Overall, Paramount posted revenue of $7.2 billion for the quarter, which is actually a 2% increase when excluding the Super Bowl’s impact. Total advertising revenue, meanwhile, remained flat under those same conditions.
In the meantime, other content from CBS Sports, including the NFL Playoffs and NCAA Men’s Basketball Tournament, helped the company “make up for some softness in the digital space,” co-CEO Chris McCarthy told investors on Thursday.
Mo’ Inventory, Mo’ Problems
Sports aside, Paramount’s direct-to-consumer business – meaning consumers who pay for its streaming services and watch ads on Paramount+ and Pluto TV – is growing.
For Paramount+, subscription revenue was enough to offset the decline in advertising revenue, and overall revenue grew 9% year over year to roughly $2 billion.
That increased subscription revenue – which grew 16% to $1.57 billion – was buoyed by an incoming 1.5 million subscribers in the first quarter of 2025, for a grand total of 79 million overall.

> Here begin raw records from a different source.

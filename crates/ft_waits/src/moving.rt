//! Places of a part that was read apart.

ghost use Rattle.std.specs.Prelude.{◌≡◌, ◌≤◌, ℕ, List, ◌++◌, slice_index, map as list_map};
ghost use Rattle.ft_fields.specs.Traced.{Traced, last_cpu};
ghost use Rattle.ft_waits.specs.Moving.{count_of, moved, moved_within, act_moved};
ghost use Rattle.ft_waits.specs.declared.left_out.Without.{Without};
ghost use Rattle.ft_waits.specs.Reading.{place_after, acts_of, CountsEvents};

use ft_fields::Pos;

/// A place whose line was counted from the start of a part, counted from the start of the whole:
/// `counts` has how many events each CPU had before the part, by the CPU's number; a CPU past the
/// end of `counts` had none. `None` if the line is past 4,294,967,295 then.
pub fn moved_place(place: Pos, counts: &[u32]) -> Option<Pos>
    ensures { result ≡ moved_within (slice_index counts.now) place }
{
    let before = match counts.get(usize::from(place.cpu)) {
        Some(count) => *count,
        None => 0,
    };
    let line = place.line.checked_add(before)?;
    Some(Pos {
        stamp: place.stamp,
        cpu: place.cpu,
        line,
    })
}

/// A law: the place of an event behind others is its place in a part, moved by how many of the others its
/// CPU had; so what a part and the events before it say of who runs is what each says, the part's at moved
/// places. Counts that a stream keeps move a place as the events do.
pub fn places_move()
    ensures places { (part before : List Traced) (event : Traced)
        → place_after (part ++ before) event ≡ moved (count_of before) (place_after part event) }
    ensures acts { (without : List Without) (part before : List Traced)
        → acts_of without (part ++ before)
        ≡ list_map (act_moved (count_of before)) (acts_of without part) ++ acts_of without before }
    ensures counts { (counts : List ℕ) (before : List Traced) (part : List Traced) (event : Traced)
        → CountsEvents counts before → event.cpu ≤ last_cpu
        → moved (slice_index counts) (place_after part event) ≡ place_after (part ++ before) event }
{}
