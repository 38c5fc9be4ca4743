//! The dispatches of a text that is all there.

ghost use Rattle.std.specs.Prelude.{◌≡◌, IfOk, IfErr};
ghost use Rattle.std.specs.List.{flat_map};
ghost use Rattle.ft_waits.specs.Choice.{all_events};
ghost use Rattle.ft_waits.specs.Reading.{history, FailsAt};
ghost use Rattle.ft_waits.specs.Streams.{AreDispatches};

use crate::fault::{BadLines, TextRead, WaitsFault};
use crate::stream::Waits;
use ft_dispatch::Dispatch;
use std::alloc::Global;

/// The dispatches of a text, and what was read of it.
#[derive(Drop)]
pub struct WaitsRead {
    /// The switches to tasks, in the order of stamp, CPU and line.
    pub dispatches: Vec<Dispatch>,
    /// Its lines, the switches that are missing in it, and where events were lost.
    pub text: TextRead,
}

/// The dispatches of a text that stands in pieces: those of the whole text, however it is cut.
///
/// Fails as `Waits::feed` does.
pub fn waits_in(
    alloc: Global,
    bad_lines: BadLines,
    pieces: &[Vec<u8>],
) -> Result<WaitsRead, WaitsFault>
    ensures reads { IfOk result (λ read. AreDispatches (all_events bad_lines)
        (flat_map (λ piece. piece.items) pieces.now) read.dispatches.items read.text) }
    ensures fails { IfErr result (λ fault. FailsAt bad_lines
        (history (flat_map (λ piece. piece.items) pieces.now)) fault) }
{
    let mut dispatches = Vec::new(alloc);
    let Ok(mut waits) = Waits::new(alloc, bad_lines) else {
        return Err(WaitsFault::Memory);
    };
    for piece in pieces {
        waits.feed(piece, &mut dispatches)?;
    }
    let text = waits.finish(alloc, &mut dispatches)?;
    Ok(WaitsRead { dispatches, text })
}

Global viewing hours also increased for both Paramount+ and FAST channel Pluto TV, at a YOY rate of 17% for the subscription-based service and 31% for the ad-supported one.
That increased viewership is especially good news, because the digital video space is currently facing an “influx of supply” that’s making ad monetization trickier, said McCarthy.
In fact, DTC advertising revenue technically declined 1% because of how this increase in video inventory is affecting Pluto TV, said CFO Naveen Chopra (although, again, not counting the Super Bowl).
Even with those minor setbacks, the company is “very pleased with the engagement that we continue to drive at both Paramount+ and Pluto,” according to McCarthy.
“Our hit volume and hit content continues to drive more and more engagement, and over time, we are definitely confident that that will turn into increased monetization,” he said.